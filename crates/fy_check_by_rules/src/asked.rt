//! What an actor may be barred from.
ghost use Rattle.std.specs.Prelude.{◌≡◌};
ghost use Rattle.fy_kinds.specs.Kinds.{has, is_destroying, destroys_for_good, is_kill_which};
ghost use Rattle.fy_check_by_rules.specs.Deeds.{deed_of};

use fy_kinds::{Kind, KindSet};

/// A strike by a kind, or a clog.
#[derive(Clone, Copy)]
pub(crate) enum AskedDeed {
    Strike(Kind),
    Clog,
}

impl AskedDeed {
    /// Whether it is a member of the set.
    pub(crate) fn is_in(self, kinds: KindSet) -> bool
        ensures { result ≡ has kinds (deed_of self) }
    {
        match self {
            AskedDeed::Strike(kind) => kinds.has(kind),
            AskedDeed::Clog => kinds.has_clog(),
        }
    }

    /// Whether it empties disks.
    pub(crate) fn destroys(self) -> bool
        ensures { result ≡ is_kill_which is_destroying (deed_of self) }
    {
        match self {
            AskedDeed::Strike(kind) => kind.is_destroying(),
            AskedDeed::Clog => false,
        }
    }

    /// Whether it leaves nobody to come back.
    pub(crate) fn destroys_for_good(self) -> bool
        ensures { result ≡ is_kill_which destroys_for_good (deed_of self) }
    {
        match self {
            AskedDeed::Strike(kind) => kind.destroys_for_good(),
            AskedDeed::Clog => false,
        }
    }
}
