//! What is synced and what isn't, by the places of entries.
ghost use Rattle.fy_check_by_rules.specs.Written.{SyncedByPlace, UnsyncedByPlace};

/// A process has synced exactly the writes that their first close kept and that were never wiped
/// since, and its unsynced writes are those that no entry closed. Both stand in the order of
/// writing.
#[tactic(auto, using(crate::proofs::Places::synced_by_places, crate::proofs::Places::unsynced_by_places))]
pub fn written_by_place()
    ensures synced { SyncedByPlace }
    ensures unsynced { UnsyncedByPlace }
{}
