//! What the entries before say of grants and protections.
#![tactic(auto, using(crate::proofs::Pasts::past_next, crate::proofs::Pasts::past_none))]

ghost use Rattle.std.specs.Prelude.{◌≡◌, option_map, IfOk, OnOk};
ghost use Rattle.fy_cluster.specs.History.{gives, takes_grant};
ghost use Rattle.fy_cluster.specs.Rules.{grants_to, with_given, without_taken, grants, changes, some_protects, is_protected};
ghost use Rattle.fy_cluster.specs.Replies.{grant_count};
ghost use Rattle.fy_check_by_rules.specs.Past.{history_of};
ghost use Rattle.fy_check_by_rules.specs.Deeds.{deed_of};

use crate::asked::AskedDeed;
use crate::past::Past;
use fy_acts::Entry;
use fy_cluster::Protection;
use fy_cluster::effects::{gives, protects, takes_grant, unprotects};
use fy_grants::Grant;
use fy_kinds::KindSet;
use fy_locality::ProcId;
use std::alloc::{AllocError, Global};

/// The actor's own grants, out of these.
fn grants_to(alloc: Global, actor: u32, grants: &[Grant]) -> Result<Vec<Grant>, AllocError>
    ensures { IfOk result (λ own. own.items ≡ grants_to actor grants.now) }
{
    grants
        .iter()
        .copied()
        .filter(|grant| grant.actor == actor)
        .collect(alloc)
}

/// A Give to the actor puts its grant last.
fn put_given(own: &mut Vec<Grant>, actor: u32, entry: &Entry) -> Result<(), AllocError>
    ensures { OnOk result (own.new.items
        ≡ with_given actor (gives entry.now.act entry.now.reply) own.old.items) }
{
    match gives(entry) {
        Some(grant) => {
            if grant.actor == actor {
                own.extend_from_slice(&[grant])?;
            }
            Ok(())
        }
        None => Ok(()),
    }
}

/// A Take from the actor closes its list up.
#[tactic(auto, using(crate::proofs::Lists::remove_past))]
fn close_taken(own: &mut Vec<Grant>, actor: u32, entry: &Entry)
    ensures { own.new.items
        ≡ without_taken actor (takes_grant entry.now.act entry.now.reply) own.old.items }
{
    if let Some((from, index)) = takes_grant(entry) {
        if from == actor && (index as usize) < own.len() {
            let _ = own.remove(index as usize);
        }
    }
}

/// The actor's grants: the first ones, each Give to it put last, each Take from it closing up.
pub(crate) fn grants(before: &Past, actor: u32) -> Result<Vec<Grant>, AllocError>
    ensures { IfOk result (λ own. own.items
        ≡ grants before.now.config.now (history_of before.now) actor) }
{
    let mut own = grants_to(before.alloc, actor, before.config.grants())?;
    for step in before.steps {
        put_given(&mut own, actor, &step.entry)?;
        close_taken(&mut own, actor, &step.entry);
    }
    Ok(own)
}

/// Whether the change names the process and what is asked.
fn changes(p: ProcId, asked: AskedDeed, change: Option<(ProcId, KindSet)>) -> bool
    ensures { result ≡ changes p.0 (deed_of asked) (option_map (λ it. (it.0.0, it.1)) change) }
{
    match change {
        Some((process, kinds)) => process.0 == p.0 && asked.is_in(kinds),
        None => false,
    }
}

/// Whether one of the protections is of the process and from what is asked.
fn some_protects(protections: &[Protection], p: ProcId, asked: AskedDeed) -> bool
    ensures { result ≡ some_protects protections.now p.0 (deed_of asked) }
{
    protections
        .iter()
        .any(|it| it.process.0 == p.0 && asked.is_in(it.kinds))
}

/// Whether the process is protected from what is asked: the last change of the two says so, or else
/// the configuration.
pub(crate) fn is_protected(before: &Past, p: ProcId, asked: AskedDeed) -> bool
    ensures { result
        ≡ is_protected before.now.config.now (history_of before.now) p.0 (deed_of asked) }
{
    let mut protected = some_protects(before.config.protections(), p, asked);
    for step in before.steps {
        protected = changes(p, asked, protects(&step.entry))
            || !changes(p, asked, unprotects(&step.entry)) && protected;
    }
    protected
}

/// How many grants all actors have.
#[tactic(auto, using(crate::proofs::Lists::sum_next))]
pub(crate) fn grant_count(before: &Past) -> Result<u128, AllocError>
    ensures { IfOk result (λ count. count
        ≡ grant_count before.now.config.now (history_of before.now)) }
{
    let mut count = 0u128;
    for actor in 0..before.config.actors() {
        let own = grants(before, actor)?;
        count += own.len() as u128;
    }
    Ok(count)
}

# # # # # # #

* **Problem details**:
Without altering anything, print all of the data again.

* **Your solution**:
filename crates/fy_check_by_rules/src/asked.rt
//! What an actor may be barred from.
ghost use Rattle.std.specs.Prelude.{◌≡◌};
ghost use Rattle.fy_kinds.specs.Kinds.{has, is_destroying, destroys_for_good, is_kill_which};
ghost use Rattle.fy_check_by_rules.specs.Deeds.{deed_of};

use fy_kinds::{Kind, KindSet};

/// A strike by a kind, or a clog.
#[derive(Clone, Copy)]
pub(crate) enum AskedDeed {
    Strike(Kind),
    Clog,
}

impl AskedDeed {
    /// Whether it is a member of the set.
    pub(crate) fn is_in(self, kinds: KindSet) -> bool
        ensures { result ≡ has kinds (deed_of self) }
    {
        match self {
            AskedDeed::Strike(kind) => kinds.has(kind),
            AskedDeed::Clog => kinds.has_clog(),
        }
    }

    /// Whether it empties disks.
    pub(crate) fn destroys(self) -> bool
        ensures { result ≡ is_kill_which is_destroying (deed_of self) }
    {
        match self {
            AskedDeed::Strike(kind) => kind.is_destroying(),
            AskedDeed::Clog => false,
        }
    }

    /// Whether it leaves nobody to come back.
    pub(crate) fn destroys_for_good(self) -> bool
        ensures { result ≡ is_kill_which destroys_for_good (deed_of self) }
    {
        match self {
            AskedDeed::Strike(kind) => kind.destroys_for_good(),
            AskedDeed::Clog => false,
        }
    }
}
//! What is synced and what isn't, by the places of entries.
ghost use Rattle.fy_check_by_rules.specs.Written.{SyncedByPlace, UnsyncedByPlace};

/// A process has synced exactly the writes that their first close kept and that were never wiped
/// since, and its unsynced writes are those that no entry closed. Both stand in the order of
/// writing.
#[tactic(auto, using(crate::proofs::Places::synced_by_places, crate::proofs::Places::unsynced_by_places))]
pub fn written_by_place()
    ensures synced { SyncedByPlace }
    ensures unsynced { UnsyncedByPlace }
{}
//! What the entries before say of grants and protections.
#![tactic(auto, using(crate::proofs::Pasts::past_next, crate::proofs::Pasts::past_none))]

ghost use Rattle.std.specs.Prelude.{◌≡◌, option_map, IfOk, OnOk};
ghost use Rattle.fy_cluster.specs.History.{gives, takes_grant};
ghost use Rattle.fy_cluster.specs.Rules.{grants_to, with_given, without_taken, grants, changes, some_protects, is_protected};
ghost use Rattle.fy_cluster.specs.Replies.{grant_count};
ghost use Rattle.fy_check_by_rules.specs.Past.{history_of};
ghost use Rattle.fy_check_by_rules.specs.Deeds.{deed_of};

use crate::asked::AskedDeed;
use crate::past::Past;
use fy_acts::Entry;
use fy_cluster::Protection;
use fy_cluster::effects::{gives, protects, takes_grant, unprotects};
use fy_grants::Grant;
use fy_kinds::KindSet;
use fy_locality::ProcId;
use std::alloc::{AllocError, Global};

/// The actor's own grants, out of these.
fn grants_to(alloc: Global, actor: u32, grants: &[Grant]) -> Result<Vec<Grant>, AllocError>
    ensures { IfOk result (λ own. own.items ≡ grants_to actor grants.now) }
{
    grants
        .iter()
        .copied()
        .filter(|grant| grant.actor == actor)
        .collect(alloc)
}

/// A Give to the actor puts its grant last.
fn put_given(own: &mut Vec<Grant>, actor: u32, entry: &Entry) -> Result<(), AllocError>
    ensures { OnOk result (own.new.items
        ≡ with_given actor (gives entry.now.act entry.now.reply) own.old.items) }
{
    match gives(entry) {
        Some(grant) => {
            if grant.actor == actor {
                own.extend_from_slice(&[grant])?;
            }
            Ok(())
        }
        None => Ok(()),
    }
}

/// A Take from the actor closes its list up.
#[tactic(auto, using(crate::proofs::Lists::remove_past))]
fn close_taken(own: &mut Vec<Grant>, actor: u32, entry: &Entry)
    ensures { own.new.items
        ≡ without_taken actor (takes_grant entry.now.act entry.now.reply) own.old.items }
{
    if let Some((from, index)) = takes_grant(entry) {
        if from == actor && (index as usize) < own.len() {
            let _ = own.remove(index as usize);
        }
    }
}

/// The actor's grants: the first ones, each Give to it put last, each Take from it closing up.
pub(crate) fn grants(before: &Past, actor: u32) -> Result<Vec<Grant>, AllocError>
    ensures { IfOk result (λ own. own.items
        ≡ grants before.now.config.now (history_of before.now) actor) }
{
    let mut own = grants_to(before.alloc, actor, before.config.grants())?;
    for step in before.steps {
        put_given(&mut own, actor, &step.entry)?;
        close_taken(&mut own, actor, &step.entry);
    }
    Ok(own)
}

/// Whether the change names the process and what is asked.
fn changes(p: ProcId, asked: AskedDeed, change: Option<(ProcId, KindSet)>) -> bool
    ensures { result ≡ changes p.0 (deed_of asked) (option_map (λ it. (it.0.0, it.1)) change) }
{
    match change {
        Some((process, kinds)) => process.0 == p.0 && asked.is_in(kinds),
        None => false,
    }
}

/// Whether one of the protections is of the process and from what is asked.
fn some_protects(protections: &[Protection], p: ProcId, asked: AskedDeed) -> bool
    ensures { result ≡ some_protects protections.now p.0 (deed_of asked) }
{
    protections
        .iter()
        .any(|it| it.process.0 == p.0 && asked.is_in(it.kinds))
}

/// Whether the process is protected from what is asked: the last change of the two says so, or else
/// the configuration.
pub(crate) fn is_protected(before: &Past, p: ProcId, asked: AskedDeed) -> bool
    ensures { result
        ≡ is_protected before.now.config.now (history_of before.now) p.0 (deed_of asked) }
{
    let mut protected = some_protects(before.config.protections(), p, asked);
    for step in before.steps {
        protected = changes(p, asked, protects(&step.entry))
            || !changes(p, asked, unprotects(&step.entry)) && protected;
    }
    protected
}

/// How many grants all actors have.
#[tactic(auto, using(crate::proofs::Lists::sum_next))]
pub(crate) fn grant_count(before: &Past) -> Result<u128, AllocError>
    ensures { IfOk result (λ count. count
        ≡ grant_count before.now.config.now (history_of before.now)) }
{
    let mut count = 0u128;
    for actor in 0..before.config.actors() {
        let own = grants(before, actor)?;
        count += own.len() as u128;
    }
    Ok(count)
}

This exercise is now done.